** Data records follows **

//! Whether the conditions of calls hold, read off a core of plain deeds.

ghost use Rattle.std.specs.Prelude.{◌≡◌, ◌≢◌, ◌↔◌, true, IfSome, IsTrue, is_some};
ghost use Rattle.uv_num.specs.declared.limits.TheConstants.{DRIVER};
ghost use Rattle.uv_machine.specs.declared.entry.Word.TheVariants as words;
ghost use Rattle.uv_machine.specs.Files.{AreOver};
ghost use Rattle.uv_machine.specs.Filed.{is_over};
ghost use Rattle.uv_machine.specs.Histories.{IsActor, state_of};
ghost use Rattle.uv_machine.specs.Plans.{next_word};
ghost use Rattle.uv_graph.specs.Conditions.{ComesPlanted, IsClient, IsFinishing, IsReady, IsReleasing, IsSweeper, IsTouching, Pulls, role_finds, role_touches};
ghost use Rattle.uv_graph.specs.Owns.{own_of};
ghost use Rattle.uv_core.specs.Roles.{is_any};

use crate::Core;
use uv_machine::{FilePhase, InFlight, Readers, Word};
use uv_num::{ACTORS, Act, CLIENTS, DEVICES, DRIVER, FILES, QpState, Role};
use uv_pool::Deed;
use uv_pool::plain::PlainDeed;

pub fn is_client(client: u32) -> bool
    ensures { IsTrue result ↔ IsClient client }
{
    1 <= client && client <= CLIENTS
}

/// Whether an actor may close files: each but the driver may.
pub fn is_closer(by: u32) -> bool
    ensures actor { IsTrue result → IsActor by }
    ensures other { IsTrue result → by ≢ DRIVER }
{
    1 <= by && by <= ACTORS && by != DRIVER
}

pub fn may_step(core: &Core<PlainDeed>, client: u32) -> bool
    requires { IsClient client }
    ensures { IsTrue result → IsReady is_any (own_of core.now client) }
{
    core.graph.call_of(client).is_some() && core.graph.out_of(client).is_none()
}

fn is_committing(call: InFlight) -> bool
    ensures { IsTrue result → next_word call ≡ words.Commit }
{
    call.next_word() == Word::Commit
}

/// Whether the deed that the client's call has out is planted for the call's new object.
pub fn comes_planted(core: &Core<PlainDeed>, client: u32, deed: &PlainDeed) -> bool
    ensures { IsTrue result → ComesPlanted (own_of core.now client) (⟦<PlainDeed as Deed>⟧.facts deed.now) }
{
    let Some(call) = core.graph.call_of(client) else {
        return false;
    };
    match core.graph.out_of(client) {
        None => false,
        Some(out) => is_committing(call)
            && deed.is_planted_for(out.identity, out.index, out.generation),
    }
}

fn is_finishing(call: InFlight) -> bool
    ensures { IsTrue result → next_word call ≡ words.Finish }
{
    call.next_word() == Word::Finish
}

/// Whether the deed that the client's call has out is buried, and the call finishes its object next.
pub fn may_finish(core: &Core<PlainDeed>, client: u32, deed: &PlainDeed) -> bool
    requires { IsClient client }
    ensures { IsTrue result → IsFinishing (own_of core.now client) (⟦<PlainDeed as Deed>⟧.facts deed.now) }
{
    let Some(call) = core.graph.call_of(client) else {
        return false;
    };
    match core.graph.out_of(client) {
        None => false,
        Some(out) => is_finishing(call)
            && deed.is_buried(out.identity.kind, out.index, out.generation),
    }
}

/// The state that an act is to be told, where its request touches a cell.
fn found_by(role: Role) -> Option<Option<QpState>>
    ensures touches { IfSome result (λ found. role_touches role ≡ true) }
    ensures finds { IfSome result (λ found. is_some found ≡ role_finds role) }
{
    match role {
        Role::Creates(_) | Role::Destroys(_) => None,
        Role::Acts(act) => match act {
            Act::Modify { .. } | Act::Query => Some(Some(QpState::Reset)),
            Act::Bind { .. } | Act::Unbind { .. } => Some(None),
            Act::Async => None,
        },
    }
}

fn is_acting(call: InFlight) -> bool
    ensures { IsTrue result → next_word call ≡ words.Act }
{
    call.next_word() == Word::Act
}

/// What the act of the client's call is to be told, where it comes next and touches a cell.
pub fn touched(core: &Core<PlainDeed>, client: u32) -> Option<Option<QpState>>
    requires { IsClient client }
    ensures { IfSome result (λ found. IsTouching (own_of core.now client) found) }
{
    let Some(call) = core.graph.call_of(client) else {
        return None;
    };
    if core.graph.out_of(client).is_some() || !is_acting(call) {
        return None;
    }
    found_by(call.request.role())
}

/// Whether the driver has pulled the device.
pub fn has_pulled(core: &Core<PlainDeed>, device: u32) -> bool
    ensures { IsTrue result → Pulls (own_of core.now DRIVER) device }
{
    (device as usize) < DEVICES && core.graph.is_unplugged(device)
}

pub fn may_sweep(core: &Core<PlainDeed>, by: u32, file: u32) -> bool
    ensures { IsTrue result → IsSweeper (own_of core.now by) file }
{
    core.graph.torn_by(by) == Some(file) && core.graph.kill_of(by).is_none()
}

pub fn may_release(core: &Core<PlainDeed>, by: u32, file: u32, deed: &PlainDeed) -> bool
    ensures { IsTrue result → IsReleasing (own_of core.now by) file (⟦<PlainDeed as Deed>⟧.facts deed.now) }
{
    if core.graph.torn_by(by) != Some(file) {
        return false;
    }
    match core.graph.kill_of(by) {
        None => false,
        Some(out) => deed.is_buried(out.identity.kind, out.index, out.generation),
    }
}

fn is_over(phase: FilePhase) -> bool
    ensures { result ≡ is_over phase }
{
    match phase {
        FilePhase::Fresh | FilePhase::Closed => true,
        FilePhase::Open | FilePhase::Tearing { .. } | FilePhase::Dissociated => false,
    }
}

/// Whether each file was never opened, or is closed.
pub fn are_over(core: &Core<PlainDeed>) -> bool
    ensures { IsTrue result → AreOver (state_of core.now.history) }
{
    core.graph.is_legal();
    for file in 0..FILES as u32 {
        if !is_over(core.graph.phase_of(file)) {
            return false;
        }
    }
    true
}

** End of Data records **

* [What is needed]: Give every entry back exactly as it was written above.

* [Expected output]:
//! Whether the conditions of calls hold, read off a core of plain deeds.

ghost use Rattle.std.specs.Prelude.{◌≡◌, ◌≢◌, ◌↔◌, true, IfSome, IsTrue, is_some};
ghost use Rattle.uv_num.specs.declared.limits.TheConstants.{DRIVER};
ghost use Rattle.uv_machine.specs.declared.entry.Word.TheVariants as words;
ghost use Rattle.uv_machine.specs.Files.{AreOver};
ghost use Rattle.uv_machine.specs.Filed.{is_over};
ghost use Rattle.uv_machine.specs.Histories.{IsActor, state_of};
ghost use Rattle.uv_machine.specs.Plans.{next_word};
ghost use Rattle.uv_graph.specs.Conditions.{ComesPlanted, IsClient, IsFinishing, IsReady, IsReleasing, IsSweeper, IsTouching, Pulls, role_finds, role_touches};
ghost use Rattle.uv_graph.specs.Owns.{own_of};
ghost use Rattle.uv_core.specs.Roles.{is_any};

use crate::Core;
use uv_machine::{FilePhase, InFlight, Readers, Word};
use uv_num::{ACTORS, Act, CLIENTS, DEVICES, DRIVER, FILES, QpState, Role};
use uv_pool::Deed;
use uv_pool::plain::PlainDeed;

pub fn is_client(client: u32) -> bool
    ensures { IsTrue result ↔ IsClient client }
{
    1 <= client && client <= CLIENTS
}

/// Whether an actor may close files: each but the driver may.
pub fn is_closer(by: u32) -> bool
    ensures actor { IsTrue result → IsActor by }
    ensures other { IsTrue result → by ≢ DRIVER }
{
    1 <= by && by <= ACTORS && by != DRIVER
}

pub fn may_step(core: &Core<PlainDeed>, client: u32) -> bool
    requires { IsClient client }
    ensures { IsTrue result → IsReady is_any (own_of core.now client) }
{
    core.graph.call_of(client).is_some() && core.graph.out_of(client).is_none()
}

fn is_committing(call: InFlight) -> bool
    ensures { IsTrue result → next_word call ≡ words.Commit }
{
    call.next_word() == Word::Commit
}

/// Whether the deed that the client's call has out is planted for the call's new object.
pub fn comes_planted(core: &Core<PlainDeed>, client: u32, deed: &PlainDeed) -> bool
    ensures { IsTrue result → ComesPlanted (own_of core.now client) (⟦<PlainDeed as Deed>⟧.facts deed.now) }
{
    let Some(call) = core.graph.call_of(client) else {
        return false;
    };
    match core.graph.out_of(client) {
        None => false,
        Some(out) => is_committing(call)
            && deed.is_planted_for(out.identity, out.index, out.generation),
    }
}

fn is_finishing(call: InFlight) -> bool
    ensures { IsTrue result → next_word call ≡ words.Finish }
{
    call.next_word() == Word::Finish
}

/// Whether the deed that the client's call has out is buried, and the call finishes its object next.
pub fn may_finish(core: &Core<PlainDeed>, client: u32, deed: &PlainDeed) -> bool
    requires { IsClient client }
    ensures { IsTrue result → IsFinishing (own_of core.now client) (⟦<PlainDeed as Deed>⟧.facts deed.now) }
{
    let Some(call) = core.graph.call_of(client) else {
        return false;
    };
    match core.graph.out_of(client) {
        None => false,
        Some(out) => is_finishing(call)
            && deed.is_buried(out.identity.kind, out.index, out.generation),
    }
}

/// The state that an act is to be told, where its request touches a cell.
fn found_by(role: Role) -> Option<Option<QpState>>
    ensures touches { IfSome result (λ found. role_touches role ≡ true) }
    ensures finds { IfSome result (λ found. is_some found ≡ role_finds role) }
{
    match role {
        Role::Creates(_) | Role::Destroys(_) => None,
        Role::Acts(act) => match act {
            Act::Modify { .. } | Act::Query => Some(Some(QpState::Reset)),
            Act::Bind { .. } | Act::Unbind { .. } => Some(None),
            Act::Async => None,
        },
    }
}

fn is_acting(call: InFlight) -> bool
    ensures { IsTrue result → next_word call ≡ words.Act }
{
    call.next_word() == Word::Act
}

/// What the act of the client's call is to be told, where it comes next and touches a cell.
pub fn touched(core: &Core<PlainDeed>, client: u32) -> Option<Option<QpState>>
    requires { IsClient client }
    ensures { IfSome result (λ found. IsTouching (own_of core.now client) found) }
{
    let Some(call) = core.graph.call_of(client) else {
        return None;
    };
    if core.graph.out_of(client).is_some() || !is_acting(call) {
        return None;
    }
    found_by(call.request.role())
}

/// Whether the driver has pulled the device.
pub fn has_pulled(core: &Core<PlainDeed>, device: u32) -> bool
    ensures { IsTrue result → Pulls (own_of core.now DRIVER) device }
{
    (device as usize) < DEVICES && core.graph.is_unplugged(device)
}

pub fn may_sweep(core: &Core<PlainDeed>, by: u32, file: u32) -> bool
    ensures { IsTrue result → IsSweeper (own_of core.now by) file }
{
    core.graph.torn_by(by) == Some(file) && core.graph.kill_of(by).is_none()
}

pub fn may_release(core: &Core<PlainDeed>, by: u32, file: u32, deed: &PlainDeed) -> bool
    ensures { IsTrue result → IsReleasing (own_of core.now by) file (⟦<PlainDeed as Deed>⟧.facts deed.now) }
{
    if core.graph.torn_by(by) != Some(file) {
        return false;
    }
    match core.graph.kill_of(by) {
        None => false,
        Some(out) => deed.is_buried(out.identity.kind, out.index, out.generation),
    }
}

fn is_over(phase: FilePhase) -> bool
    ensures { result ≡ is_over phase }
{
    match phase {
        FilePhase::Fresh | FilePhase::Closed => true,
        FilePhase::Open | FilePhase::Tearing { .. } | FilePhase::Dissociated => false,
    }
}

/// Whether each file was never opened, or is closed.
pub fn are_over(core: &Core<PlainDeed>) -> bool
    ensures { IsTrue result → AreOver (state_of core.now.history) }
{
    core.graph.is_legal();
    for file in 0..FILES as u32 {
        if !is_over(core.graph.phase_of(file)) {
            return false;
        }
    }
    true
}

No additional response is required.